[DATASET CONTENT — start]

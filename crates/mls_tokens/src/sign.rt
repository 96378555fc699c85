//! Signs: how each is written, and which stands at the front of bytes.
ghost use Rattle.std.specs.Prelude.{◌≡◌, option_map};
ghost use Rattle.mls_tokens.specs.Sign.{sign_text, first_sign, leading_sign};

/// A sign of one byte or of two.
#[derive(Clone, Copy, PartialEq, Eq)]
pub enum Sign {
    /// `:=`
    Becomes,
    /// `<>`
    Differs,
    /// `<=`
    AtMost,
    /// `>=`
    AtLeast,
    /// `(`
    LeftParen,
    /// `)`
    RightParen,
    /// `{`
    LeftBrace,
    /// `}`
    RightBrace,
    /// `,`
    Comma,
    /// `;`
    Semicolon,
    /// `:`
    Colon,
    /// `.`
    Dot,
    /// `=`
    Equals,
    /// `<`
    Less,
    /// `>`
    Greater,
    /// `+`
    Plus,
    /// A `-` that belongs to no number.
    Minus,
    /// `*`
    Times,
}

/// Every sign, those of two bytes first.
static SIGNS: [Sign; 18] = [
    Sign::Becomes,
    Sign::Differs,
    Sign::AtMost,
    Sign::AtLeast,
    Sign::LeftParen,
    Sign::RightParen,
    Sign::LeftBrace,
    Sign::RightBrace,
    Sign::Comma,
    Sign::Semicolon,
    Sign::Colon,
    Sign::Dot,
    Sign::Equals,
    Sign::Less,
    Sign::Greater,
    Sign::Plus,
    Sign::Minus,
    Sign::Times,
];

impl Sign {
    /// The sign as it is written.
    pub fn text(self) -> &'static str
        ensures { result.now ≡ sign_text self }
    {
        match self {
            Sign::Becomes => ":=",
            Sign::Differs => "<>",
            Sign::AtMost => "<=",
            Sign::AtLeast => ">=",
            Sign::LeftParen => "(",
            Sign::RightParen => ")",
            Sign::LeftBrace => "{",
            Sign::RightBrace => "}",
            Sign::Comma => ",",
            Sign::Semicolon => ";",
            Sign::Colon => ":",
            Sign::Dot => ".",
            Sign::Equals => "=",
            Sign::Less => "<",
            Sign::Greater => ">",
            Sign::Plus => "+",
            Sign::Minus => "-",
            Sign::Times => "*",
        }
    }
}

/// The first of some signs that bytes begin with, and what follows it.
fn first_sign<'a>(signs: &[Sign], bytes: &'a [u8]) -> Option<(Sign, &'a [u8])>
    ensures { option_map (λ x. (x.0, x.1.now)) result ≡ first_sign signs.now bytes.now }
{
    for sign in signs {
        let text = sign.text().as_bytes();
        if bytes.starts_with(text) {
            return Some((*sign, &bytes[text.len()..]));
        }
    }
    None
}

/// The longest sign at the front of bytes, and what follows it.
pub(crate) fn leading_sign(bytes: &[u8]) -> Option<(Sign, &[u8])>
    ensures { option_map (λ x. (x.0, x.1.now)) result ≡ leading_sign bytes.now }
{
    first_sign(&SIGNS, bytes)
}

[DATASET CONTENT — finish]

EXERCISE DETAILS> Every line above that holds the string "follows" counts once. State how many such lines there are, as a number alone.

EXERCISE RESULT> 2